Knowing exactly what’s inside a tumour can maximise our ability to fight cancer.
But that knowledge doesn’t come easy.
Tumors are clusters of constantly changing cancer cells.
Some become common cancer variants.
Others morph into deadlier, drug-resistant varieties.
No one truly understands what governs this chaotic behaviour.
Now, Cold Spring Harbor Laboratory (CSHL) Professor David Tuveson and his team have uncovered a mechanism involved in pancreatic cancer transformation—mucus.
During the disease’s early stage, pancreatic cancer cells produce mucus.
Additionally, these cells depend on the body’s regulators of mucus production. This new knowledge could help set the stage for future diagnostic or therapeutic strategies.
The research is published in the journal Gut.
The unpredictable, shifting nature of tumours makes it challenging to pinpoint the right treatments for patients.
“We need to better understand this concept of cell plasticity and design therapy that takes this into consideration,” says Claudia Tonelli, a research investigator in the Tuveson lab, who led the study.
To find out what’s behind tumours’ erratic behaviour, Tonelli teamed with Jonathan Preall from CSHL’s Single-Cell Biology Facility.
Together, the scientists broke down messy clumps of pancreatic tumours into individual cancer cells.
From there, they could examine the unique differences between each pancreatic cancer type.
And that’s where mucus’ role in cancer differentiation oozed into view.
Making mucus is messy and challenging for cancer cells.

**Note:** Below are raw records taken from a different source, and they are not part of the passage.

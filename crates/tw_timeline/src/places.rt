//! The shown range of a trace, and the coordinates of its parts, in units from the timeline's upper left corner.

ghost use Rattle.std.specs.Prelude.{◌<◌, ◌≤◌, ◌^◌};

use tw_types::{Actor, Layout};

/// The range of events to be shown, and the width.
#[derive(Clone, Copy)]
pub struct Settings {
    /// The number of the first event, from 1.
    pub from: u32,
    /// The number of the last event; if there are fewer events, all from the first one on are shown.
    pub to: u32,
    /// The greatest width, in units; less than 1,000 counts as 1,000.
    pub width: u16,
}

impl Settings {
    /// Returns the settings for the events from one number to another, at a width of 4,000 units at most.
    pub fn between(from: u32, to: u32) -> Settings {
        Settings {
            from,
            to,
            width: 4000,
        }
    }
}

/// The range that is shown: its first and last event, and the most units that all of its events may take.
#[derive(Clone, Copy)]
pub struct View {
    pub first: u32,
    pub last: u32,
    most: u16,
}

/// Returns the width of the first `part` of `all` events, if all take this many units.
fn scaled(part: usize, units: usize, all: usize) -> usize
    requires part { part ≤ 4294967296 }
    requires units { units ≤ 65536 }
    ensures small { result < 2 ^ 49 }
{
    part * units / all.max(1)
}

impl View {
    /// Returns the part of a timeline of this many events that the settings show.
    pub fn of(settings: Settings, events: u32) -> View {
        View {
            first: settings.from.max(1),
            last: settings.to.min(events),
            most: settings.width.max(1000) - 160,
        }
    }

    /// Returns how many events are shown.
    fn shown(self) -> usize
        ensures { result ≤ 4294967296 }
    {
        (self.last as usize + 1).saturating_sub(self.first as usize)
    }

    /// Returns whether the event of this number is shown.
    pub fn is_shown(self, number: u32) -> bool {
        self.first <= number && number <= self.last
    }

    /// Returns whether there are too many events for a marker each.
    pub fn is_coarse(self) -> bool {
        usize::from(self.most) < 2 * self.shown()
    }

    /// Returns the width of all shown events: 48 units each while these are few, then 16, and less if they don't fit.
    fn span(self) -> usize
        ensures { result < 65536 }
    {
        let shown = self.shown();
        let wide = (48 * shown).min(1440).max(16 * shown);
        usize::from(self.most).min(wide)
    }

    /// Returns the left edge of the event of this number, and that of the first shown one for earlier events.
    pub fn across(self, number: usize) -> usize
        requires { number ≤ 4294967296 }
        ensures { result < 2 ^ 50 }
    {
        let before = number.saturating_sub(self.first as usize);
        90 + scaled(before, self.span(), self.shown())
    }

    /// Returns the left edge of what begins with an event: ten units to the left of all events, if that one comes before them.
    pub fn left_of(self, number: u32) -> usize
        ensures { result < 2 ^ 50 }
    {
        if number < self.first {
            80
        } else {
            self.across(number as usize)
        }
    }

    /// Returns the right edge of what ends with an event: ten units to the right of all events if that one comes after them, and their right edge if
    /// nothing has ended it.
    pub fn right_of(self, number: Option<u32>) -> usize
        ensures { result < 2 ^ 51 }
    {
        let edge = self.across(self.last as usize + 1);
        match number {
            None => edge,
            Some(number) if self.last < number => edge + 10,
            Some(number) => self.across(number as usize + 1),
        }
    }

    /// Returns the width of one event.
    fn room(self) -> usize
        ensures { result < 65536 }
    {
        self.span() / self.shown().max(1)
    }

    /// Returns the width of a marker.
    pub fn mark_width(self) -> usize {
        (self.room() / 2 + 1).min(16)
    }

    /// Returns the distance of a marker from the left edge of its event.
    pub fn mark_inset(self) -> usize
        ensures { result < 65536 }
    {
        self.room().saturating_sub(self.mark_width()) / 2
    }

    /// Returns whether there is a tick at an event: at round numbers, so that ticks are 40 units apart.
    pub fn has_tick(self, number: u32) -> bool {
        self.is_shown(number) && number % least_step(self.shown(), self.span()).max(1) == 0
    }

    /// Returns whether a line to the task of this number is drawn; if there are too many, some are.
    pub fn has_line(self, task: u64) -> bool {
        let step = 2 * self.shown() / usize::from(self.most).max(1);
        task % (step.max(1) as u64) == 0
    }

    /// Returns whether lines are thick enough to be seen one by one.
    pub fn is_wide(self) -> bool {
        16 <= self.room()
    }

    /// Returns how many columns there are for all events.
    pub fn column_count(self) -> usize
        ensures { result < 6554 }
    {
        usize::from(self.most) / 10
    }

    /// Returns the number of a column's first event.
    pub fn column_start(self, column: usize) -> usize
        requires { column < 65536 }
    {
        self.first as usize + scaled(self.shown(), column, self.column_count())
    }
}

#[rattlefmt::skip]
const TICK_STEPS: [u32; 19] = [
    1, 2, 5, 10, 20, 50, 100, 200, 500, 1_000, 2_000, 5_000, 10_000, 20_000, 50_000, 100_000, 200_000, 500_000, 1_000_000,
];

/// Returns the least of the steps that leaves 40 units between two ticks.
fn least_step(shown: usize, span: usize) -> u32
    requires shown { shown ≤ 4294967296 }
    requires span { span < 65536 }
{
    for step in &TICK_STEPS {
        if 40 * shown <= (*step as usize) * span {
            return *step;
        }
    }
    5_000_000
}

/// Returns the upper edge of an actor's row.
pub fn lane_top(layout: Layout, actor: Actor) -> usize
    ensures { result < 100000 }
{
    60 + 44 * layout.index_of(actor)
}

/// Returns the lower edge of the last row.
pub fn bottom(layout: Layout) -> usize
    ensures { result < 100000 }
{
    60 + 44 * layout.actor_count()
}
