//! Boxes and arrows, which show a circle of rules that wait for one another.

ghost use Rattle.std.specs.Prelude.{◌<◌, ◌^◌};

use crate::bars::curve;
use crate::drawing::Wait;
use crate::page::{Page, labelled, rectangle, text};
use crate::places::bottom;
use std::alloc::Global;
use tw_types::Layout;
use tw_writer::{Piece, Writer};

/// Returns the left edge of the box at a place in the circle.
fn box_left(place: u32) -> usize
    ensures { result < 2 ^ 41 }
{
    90 + 220 * (place as usize)
}

/// Returns the route of an arrow from one box to the next: over those between, or under them if it leads back.
fn arrow(alloc: Global, left: usize, next: usize, top: usize) -> Writer
    requires left { left < 2 ^ 41 }
    requires next { next < 2 ^ 41 }
    requires top { top < 200000 }
{
    if left < next {
        return curve(alloc, (left + 110, top + 15), (next, top + 15));
    }
    text(
        alloc,
        &[
            Piece::Text("M "),
            Piece::Number(left + 80),
            Piece::Text(" "),
            Piece::Number(top + 30),
            Piece::Text(" V "),
            Piece::Number(top + 56),
            Piece::Text(" H "),
            Piece::Number(next + 30),
            Piece::Text(" V "),
            Piece::Number(top + 30),
        ],
    )
}

/// Adds a rule of the circle as a box, and the arrow to the rule for which it waits, with the datum beside it.
fn put_wait(out: &mut Page, layout: Layout, wait: &Wait) {
    let (left, next) = (box_left(wait.from), box_left(wait.to));
    let top = bottom(layout) + 30;
    let rule = text(
        out.alloc,
        &[
            Piece::Text("rule "),
            Piece::Number(wait.link.rule.number() as usize),
        ],
    );
    out.put("rect", &rectangle("rule", left, top, 110, 30));
    out.put_written("text", &labelled("rule-name", left + 12, top + 20), &rule);
    let route = arrow(out.alloc, left, next, top);
    out.put_path("wait", &route);
    let height = if left < next { top + 10 } else { top + 50 };
    let datum = text(
        out.alloc,
        &[
            Piece::Text("datum "),
            Piece::Number(wait.link.datum.number() as usize),
        ],
    );
    out.put_written("text", &labelled("number", left + 120, height), &datum);
}

/// Adds a box and an arrow for each rule.
pub fn put_waits(out: &mut Page, layout: Layout, waits: &[Wait]) {
    for wait in waits {
        put_wait(out, layout, wait);
    }
}
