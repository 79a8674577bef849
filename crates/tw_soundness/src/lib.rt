//! The soundness theorem: properties of every state that an accepted program reaches.
#![tactic(auto)]

mod theorems;

pub use theorems::{budgets_held, counts_held, ends_well, no_trap, notes_held, types_held};
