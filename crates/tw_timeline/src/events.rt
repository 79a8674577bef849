//! Markers, which show events, and columns, which replace markers if there are too many.

ghost use Rattle.std.specs.Prelude.{◌<◌};

use crate::drawing::Mark;
use crate::kinds::Kind;
use crate::page::{Page, rectangle, text};
use crate::places::{View, lane_top};
use tw_machine::actor_of;
use tw_report::put_event_line;
use tw_types::Layout;
use tw_writer::Piece;

/// Adds the marker of an event, if it is shown.
fn put_mark(out: &mut Page, layout: Layout, view: View, mark: &Mark) {
    if !view.is_shown(mark.number) {
        return;
    }
    let mut title = text(
        out.alloc,
        &[
            Piece::Text("event "),
            Piece::Number(mark.number as usize),
            Piece::Text(": "),
        ],
    );
    let done = put_event_line(&mut title.bytes, &mark.event);
    title.note(done);
    let left = view.across(mark.number as usize) + view.mark_inset();
    let top = lane_top(layout, actor_of(&mark.event)) + 19;
    let kind = Kind::of(&mark.event);
    let route = kind.route(out.alloc, left, top, view.mark_width());
    out.put_titled_path(kind.class, &route, &title);
}

/// Adds a marker for each event that is shown.
pub fn put_marks(out: &mut Page, layout: Layout, view: View, marks: &[Mark]) {
    for mark in marks {
        put_mark(out, layout, view, mark);
    }
}

/// Returns how many markers are in a row.
fn count_in(layout: Layout, lane: usize, marks: &[Mark]) -> u32 {
    let mut count = 0u32;
    for mark in marks {
        if layout.index_of(actor_of(&mark.event)) == lane {
            count = count.saturating_add(1);
        }
    }
    count
}

/// Adds a column of a row, if the actor has any of its events. It is full if half of the events or more are the actor's.
fn put_column(
    out: &mut Page,
    layout: Layout,
    view: View,
    marks: &[Mark],
    lane: usize,
    column: usize,
)
    requires lane { lane < 1000 }
    requires column { column < 6554 }
{
    let from = view.column_start(column);
    let to = view.column_start(column + 1);
    let first = from.saturating_sub(1).min(marks.len());
    let there = &marks[first..to.saturating_sub(1).clamp(first, marks.len())];
    let count = count_in(layout, lane, there);
    if count == 0 {
        return;
    }
    let height = (36 * u64::from(count) / (there.len() as u64).max(1)).clamp(1, 18) as usize;
    let title = text(
        out.alloc,
        &[
            Piece::Text("events "),
            Piece::Number(from),
            Piece::Text(" to "),
            Piece::Number(to.saturating_sub(1)),
            Piece::Text(": "),
            Piece::Number(count as usize),
        ],
    );
    let top = (60 + 44 * lane + 34).saturating_sub(height);
    let row = rectangle("column", 90 + 10 * column, top, 10, height);
    out.put_titled("rect", &row, &title);
}

/// Adds the columns of all rows.
pub fn put_columns(out: &mut Page, layout: Layout, view: View, marks: &[Mark]) {
    for lane in 0..layout.actor_count() {
        for column in 0..view.column_count() {
            put_column(out, layout, view, marks, lane, column);
        }
    }
}
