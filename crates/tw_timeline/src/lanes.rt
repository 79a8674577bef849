//! Rows of actors, and ticks with the numbers of events.

ghost use Rattle.std.specs.Prelude.{◌<◌, ◌^◌};

use crate::drawing::Mark;
use crate::page::{Page, labelled, number, rectangle, text, word};
use crate::places::{View, bottom, lane_top};
use std::alloc::Global;
use tw_types::{Actor, Layout};
use tw_writer::{Piece, Writer};

/// Returns the name of an actor.
fn actor_name(alloc: Global, actor: Actor) -> Writer {
    let (kind, number) = match actor {
        Actor::Engine(number) => ("engine ", number),
        Actor::Server(number) => ("server ", number),
        Actor::Worker(number) => ("worker ", number),
    };
    text(
        alloc,
        &[Piece::Text(kind), Piece::Number(usize::from(number))],
    )
}

/// Adds the row of an actor, with its name at the left, and again every 960 units.
fn put_lane(out: &mut Page, layout: Layout, width: usize, actor: Actor)
    requires { width < 2 ^ 51 }
{
    let name = actor_name(out.alloc, actor);
    let top = lane_top(layout, actor);
    out.put_titled("rect", &rectangle("lane", 0, top + 1, width, 42), &name);
    out.put_written("text", &labelled("actor", 10, top + 30), &name);
    for place in 0..width / 970 {
        let row = labelled("again", 970 + 960 * place, top + 40);
        out.put_written("text", &row, &name);
    }
}

/// Adds a row for each actor.
pub fn put_lanes(out: &mut Page, layout: Layout, width: usize)
    requires { width < 2 ^ 51 }
{
    for number in 0..layout.engines() {
        put_lane(out, layout, width, Actor::Engine(number));
    }
    for number in 0..layout.servers() {
        put_lane(out, layout, width, Actor::Server(number));
    }
    for number in 0..layout.workers() {
        put_lane(out, layout, width, Actor::Worker(number));
    }
}

/// Adds a line at an event, and the event's number above it, if there is a tick.
fn put_tick(out: &mut Page, layout: Layout, view: View, event: u32) {
    if !view.has_tick(event) {
        return;
    }
    let x = view.across(event as usize);
    let row = [
        word("class", "tick"),
        number("x1", x),
        number("y1", 46),
        number("x2", x),
        number("y2", bottom(layout)),
    ];
    out.put("line", &row);
    let name = text(out.alloc, &[Piece::Number(event as usize)]);
    out.put_written("text", &labelled("number", x + 3, 55), &name);
}

/// Adds the ticks.
pub fn put_ticks(out: &mut Page, layout: Layout, view: View, marks: &[Mark]) {
    for mark in marks {
        put_tick(out, layout, view, mark.number);
    }
}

It takes a lot of resources to assemble and export these protein blobs. So why do it in the first place?
The scientists discovered that low-grade pancreatic cancer cells of a common variety, known as the classical type, depend on mucus to survive and thrive.
As the cancer cells mature and transform into the deadlier type, known as basal-like, they seem to grow out of this dependency.
Tonelli suspects mucus may provide fledgling cancer cells with protection against the immune system.
While therapeutically targeting mucus in young, vulnerable pancreatic cancer cells may have some advantages, it’s a double-edged sword.
When mucus production is blocked, cancer cells stop growing.
But this forces some of them to become the deadlier basal-like cancer cells as a survival mechanism.
“We would have to do further studies to be ready to hit the cancers once they have undergone this differentiation,” says Tonelli.
“Identifying a combination of therapies may be an option.”
Knowing what makes pancreatic cancer cells transform may someday help researchers discover better therapeutics.
So, while mucus might not be the key to cracking pancreatic cancer, the answer might yet be found right under our nose.